>>>>
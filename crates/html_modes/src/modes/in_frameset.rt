//! The "in frameset" insertion mode (HTML Standard, section 13.2.6.4.18).
ghost use Rattle.std.specs.Prelude.{◌≡◌};
ghost use Rattle.html_rules.specs.Modes.InFrameset.{in_frameset};
ghost use Rattle.html_modes.specs.Tables.{rows_of};

use crate::table::Action::{
    AppendComment, AppendText, InsertElement, InsertVoid, Nothing, ParseError, Pop, SwitchTo, When,
};
use crate::table::Class::{AnythingElse, Comment, EndOfFile, EndTags, StartTags, WhiteSpace};
use crate::table::Conclusion::{Acknowledged, Done, Using};
use crate::table::Condition::{Both, CurrentIs, InFragment, Not, RootAlone};
use crate::table::{Row, row};
use html_rules::{InsertionMode, TagSet};

const IN_FRAMESET: &[Row] = &[
    row!(WhiteSpace, [AppendText], Done),
    row!(Comment, [AppendComment], Done),
    row!(
        StartTags(TagSet::Html),
        [Nothing],
        Using(InsertionMode::InBody)
    ),
    row!(StartTags(TagSet::Frameset), [InsertElement], Done),
    row!(EndTags(TagSet::Frameset), if RootAlone, [ParseError], Done),
    row!(
        EndTags(TagSet::Frameset),
        [
            Pop,
            When(
                Both(&Not(&InFragment), &Not(&CurrentIs(TagSet::Frameset))),
                &SwitchTo(InsertionMode::AfterFrameset)
            )
        ],
        Done
    ),
    row!(StartTags(TagSet::Frame), [InsertVoid], Acknowledged),
    row!(
        StartTags(TagSet::Noframes),
        [Nothing],
        Using(InsertionMode::InHead)
    ),
    row!(EndOfFile, [When(Not(&RootAlone), &ParseError)], Done),
    row!(AnythingElse, [ParseError], Done),
];

/// The rows.
pub(crate) fn rows() -> &'static [Row]
    ensures { rows_of result.now ≡ in_frameset }
{
    IN_FRAMESET
}
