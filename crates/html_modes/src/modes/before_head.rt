//! The "before head" insertion mode (HTML Standard, section 13.2.6.4.3).
ghost use Rattle.std.specs.Prelude.{◌≡◌};
ghost use Rattle.html_rules.specs.Modes.BeforeHead.{before_head};
ghost use Rattle.html_modes.specs.Tables.{rows_of};

use crate::table::Action::{
    AppendComment, InsertElement, InsertNew, Nothing, ParseError, SetHeadElem, SwitchTo,
};
use crate::table::Class::{AnyEndTag, AnythingElse, Comment, EndTags, StartTags, WhiteSpace};
use crate::table::Conclusion::{Done, Reprocess, Using};
use crate::table::{Implied, Row, row};
use html_rules::{InsertionMode, TagSet};

const BEFORE_HEAD: &[Row] = &[
    row!(WhiteSpace, [Nothing], Done),
    row!(Comment, [AppendComment], Done),
    row!(
        StartTags(TagSet::Html),
        [Nothing],
        Using(InsertionMode::InBody)
    ),
    row!(
        StartTags(TagSet::Head),
        [InsertElement, SetHeadElem, SwitchTo(InsertionMode::InHead)],
        Done
    ),
    row!(
        EndTags(TagSet::HeadBodyHtmlBr),
        [InsertNew(Implied::Head), SetHeadElem],
        Reprocess(InsertionMode::InHead)
    ),
    row!(AnyEndTag, [ParseError], Done),
    row!(
        AnythingElse,
        [InsertNew(Implied::Head), SetHeadElem],
        Reprocess(InsertionMode::InHead)
    ),
];

/// The rows.
pub(crate) fn rows() -> &'static [Row]
    ensures { rows_of result.now ≡ before_head }
{
    BEFORE_HEAD
}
<<<<
#### [EXERCISE]
Where a line above contains the word "SwitchTo", copy that line.

#### [REPLY TO THE TASK]
    AppendComment, AppendText, InsertElement, InsertVoid, Nothing, ParseError, Pop, SwitchTo, When,
                &SwitchTo(InsertionMode::AfterFrameset)
    AppendComment, InsertElement, InsertNew, Nothing, ParseError, SetHeadElem, SwitchTo,
        [InsertElement, SetHeadElem, SwitchTo(InsertionMode::InHead)],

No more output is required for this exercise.